Our initial lens on AI has been attention studies. Will AI enhance society’s powers of attention, thinking, reading, programming, writing and forming advanced states of consciousness, or will it reduce this distributed intelligence?
We are very concerned about the state of social and cultural research in universities and about conditions for learning and thinking in society and culture more generally. For example, we are funding research on alternatives to green finance for just climate transitions. These will never happen without strong public support, and strong support depends on clear public understanding of the details of the issues at stake. How can we insure that AI helps this wider and more profound understanding of urgent public issues?

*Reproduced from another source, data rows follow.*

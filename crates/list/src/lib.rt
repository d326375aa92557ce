// list: the emitted list: blocks read and written (§6).
// Each function is equal to a definition of model.
#![tactic(auto)]

mod blocks;
mod read;
mod write;

pub use blocks::{body, byte_at, rest};
pub use read::{load, states_in};
pub use write::{RULE_WIDTH, list_size, put_bytes, width, write_list};
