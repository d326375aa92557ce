// A block at the head of bytes (§6.1): its size, its kind, its body and what stands behind it, of any bytes.
ghost use Rattle.std.specs.Prelude.{◌≡◌, ◌<◌, get_or};
ghost use Rattle.model.specs.Listing.{size_at, body_at, behind, is_block};
ghost use Rattle.list.specs.Blocks.{block_len};

// The byte at a place. It is 0 past the end, and no Option: there the definitions of size, kind and key read zeros.
pub fn byte_at(bytes: &[u8], i: usize) -> u8
    ensures { result ≡ get_or bytes.now i 0 }
{
    bytes.get(i).copied().unwrap_or(0)
}

// The size of the body: four bytes, low byte first.
fn size_at(bytes: &[u8]) -> usize
    ensures value { result ≡ size_at bytes.now }
    ensures small { result < 4294967296 }
{
    u32::from_le_bytes([
        byte_at(bytes, 0),
        byte_at(bytes, 1),
        byte_at(bytes, 2),
        byte_at(bytes, 3),
    ]) as usize
}

// Whether a whole block of a kind stands at the head. A kind is the number that the bytes hold (§6.1), as in model's `is_block`.
#[tactic(auto, using(model::proofs::Laws::Heads::kind_bytes))]
pub(crate) fn is_block(bytes: &[u8], kind: u16) -> bool
    ensures { result ≡ is_block kind bytes.now }
{
    6 <= bytes.len()
        && 6 + size_at(bytes) <= bytes.len()
        && u16::from_le_bytes([byte_at(bytes, 4), byte_at(bytes, 5)]) == kind
}

// How many bytes the block takes, all where it is cut.
fn block_len(bytes: &[u8]) -> usize
    ensures { result ≡ block_len bytes.now }
{
    bytes.len().min(6 + size_at(bytes))
}

// The body, as far as it is there.
pub fn body(bytes: &[u8]) -> &[u8]
    ensures { result.now ≡ body_at bytes.now }
{
    let end = block_len(bytes);
    &bytes[end.min(6)..end]
}

// What stands behind the block.
pub fn rest(bytes: &[u8]) -> &[u8]
    ensures { result.now ≡ behind bytes.now }
{
    &bytes[block_len(bytes)..]
}
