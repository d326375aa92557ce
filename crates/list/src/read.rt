// The reader (§6.2): the count of rules of bytes that are a list, none for others.
ghost use Rattle.std.specs.Prelude.{◌≡◌, true, List, ℕ, length};
ghost use Rattle.model.specs.Sound.{alphabet_fits};
ghost use Rattle.model.specs.Automata.{Rule};
ghost use Rattle.model.specs.Listing.{rule_in, rule_body_fits, finals_fit, behind_rules, read_finals};
ghost use Rattle.model.specs.Entry.{loaded_by, load_seen};
ghost use Rattle.list.specs.Blocks.{all_below, key_of, is_new, read_rules};
ghost use Rattle.list.specs.Loaded.{counted};

use crate::blocks::{body, byte_at, is_block, rest};
use model::limits::{MOST_RULES, MOST_STATES};
use run_lists::fit;

// Whether each byte is below a bound.
fn all_below(bytes: &[u8], bound: usize) -> bool
    ensures { result ≡ all_below bound bytes.now }
{
    bytes.iter().all(|&byte| (byte as usize) < bound)
}

// Whether the body of kind 2 is at most 32 states, each 0 or 1.
fn finals_fit(finals: &[u8]) -> bool
    ensures { result ≡ finals_fit finals.now }
{
    finals.len() <= MOST_STATES && all_below(finals, 2)
}

// Whether the body of kind 3 is a known symbol, as many known states as it has children, and a known target.
fn rule_fits(counts: &[u8], states: usize, body: &[u8]) -> bool
    ensures { result ≡ rule_body_fits counts.now states body.now }
{
    let [symbol, children @ .., target] = body else {
        return false;
    };
    let symbol = *symbol as usize;
    symbol < counts.len()
        && children.len() == counts[symbol] as usize
        && all_below(children, states)
        && (*target as usize) < states
}

// The child states in a rule's body: all but its first byte and its last.
pub fn states_in(body: &[u8]) -> &[u8]
    ensures { result.now ≡ (rule_in body.now).states }
{
    match body {
        [_, states @ .., _] => states,
        _ => &[],
    }
}

// One number for the left side of the rule in a body: among rules that fit, no two left sides have the same. In four bytes: `contains`
// compares many such numbers at a time, and those of eight one by one.
fn key_of(body: &[u8]) -> u32
    ensures { result ≡ key_of (rule_in body.now) }
{
    // Place by place: the key of any body is made of its first four states (`key_of`).
    let states = states_in(body);
    u32::from(byte_at(body, 0))
        + 64 * u32::from(byte_at(states, 0))
        + 2048 * u32::from(byte_at(states, 1))
        + 65536 * u32::from(byte_at(states, 2))
        + 2097152 * u32::from(byte_at(states, 3))
}

// Whether the rule at the head fits, with a left side whose number none of those before it has.
fn is_rule(counts: &[u8], states: usize, keys: &[u32], at: &[u8]) -> bool
    ensures { result ≡ is_new counts.now states keys.now at.now }
{
    let found = body(at);
    rule_fits(counts, states, found) && !keys.contains(&key_of(found))
}

// What is behind the rules, which are counted: nothing, and there are at most 256 of them.
fn behind_rules(count: usize, bytes: &[u8]) -> Option<u16>
    ensures { let at = bytes.now in
        ((ns fs : List ℕ) (rs : List Rule) → length rs ≡ count → counted result ≡ loaded_by (behind_rules ns fs rs at)) }
{
    if bytes.is_empty() && count <= MOST_RULES {
        Some(count as u16)
    } else {
        None
    }
}

// The blocks of kind 3, each held against the numbers of the left sides before it, and what is behind them.
fn read_rules(counts: &[u8], finals: &[u8], bytes: &[u8]) -> Option<u16>
    requires { (alphabet_fits counts.now ≡ true) × (finals_fit finals.now ≡ true) }
    ensures { counted result ≡ loaded_by (read_rules counts.now finals.now bytes.now) }
{
    // An array with a count beside it, for there is no heap.
    let mut keys = [0u32; MOST_RULES];
    let mut at = bytes;
    for count in 0..MOST_RULES {
        if !is_block(at, 3) {
            return behind_rules(count, at);
        }
        if !is_rule(counts, finals.len(), &keys[..count], at) {
            return None;
        }
        keys[count] = key_of(body(at));
        at = rest(at);
    }
    behind_rules(MOST_RULES, at)
}

// The states at the head of the bytes, and the rules behind them.
fn read_finals(counts: &[u8], bytes: &[u8]) -> Option<u16>
    requires { alphabet_fits counts.now ≡ true }
    ensures { counted result ≡ loaded_by (read_finals counts.now bytes.now) }
{
    if !is_block(bytes, 2) {
        return None;
    }
    let finals = body(bytes);
    if !finals_fit(finals) {
        return None;
    }
    read_rules(counts, finals, rest(bytes))
}

// Load (§3.9): the count of rules of bytes that are a list (§6.2), none for all others.
pub fn load(bytes: &[u8]) -> Option<u16>
    ensures { counted result ≡ load_seen bytes.now }
{
    if !is_block(bytes, 1) {
        return None;
    }
    let counts = body(bytes);
    if !fit::alphabet_fits(counts) {
        return None;
    }
    read_finals(counts, rest(bytes))
}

We’ve grouped participants under four headings, extrapolating from your advance papers. These are Human Interpretation, Socialisations of AI, Human/Machine Cognition, and Public AI Re-education. We aren’t bound by these rubrics: there is abundant overlap among the papers and across these four topics, and a wide range of issues will no doubt emerge from our discussions. We’ve reserved two final sessions for wider discussion and the identification of next steps.
Participants to include:
Elaine Auyoung Associate Professor of English, University of Minnesota
Alan Blackwell Professor of Interdisciplinary Design, University of Cambridge
Wendy Hui Kyong Chun Canada 150 Research Chair in New Media, Simon Fraser University
Yves Citton Professor of Literature and Media, University Paris 8 Vincennes-Saint Denis
Lauren Goodlad Distinguished Professor of English and Comparative Literature, Rutgers University
Sean Hanna Professor of Design Computing, Bartlett School of Architecture, UCL
Alex Hartley Ph.D. Student in Comparative Literature, Harvard University
Elizabeth Losh Professor of English & American Studies, College of William and Mary
Carolyn Pedwell Professor of Digital Media, University of Lancaster
Marion Thain Professor of Culture and Technology, University of Edinburgh
Sashank Varma Professor in the School of Interactive Computing, Georgia Tech
Chaired by Lars Cornelissen, Baindu Kallon and Chris Newfield.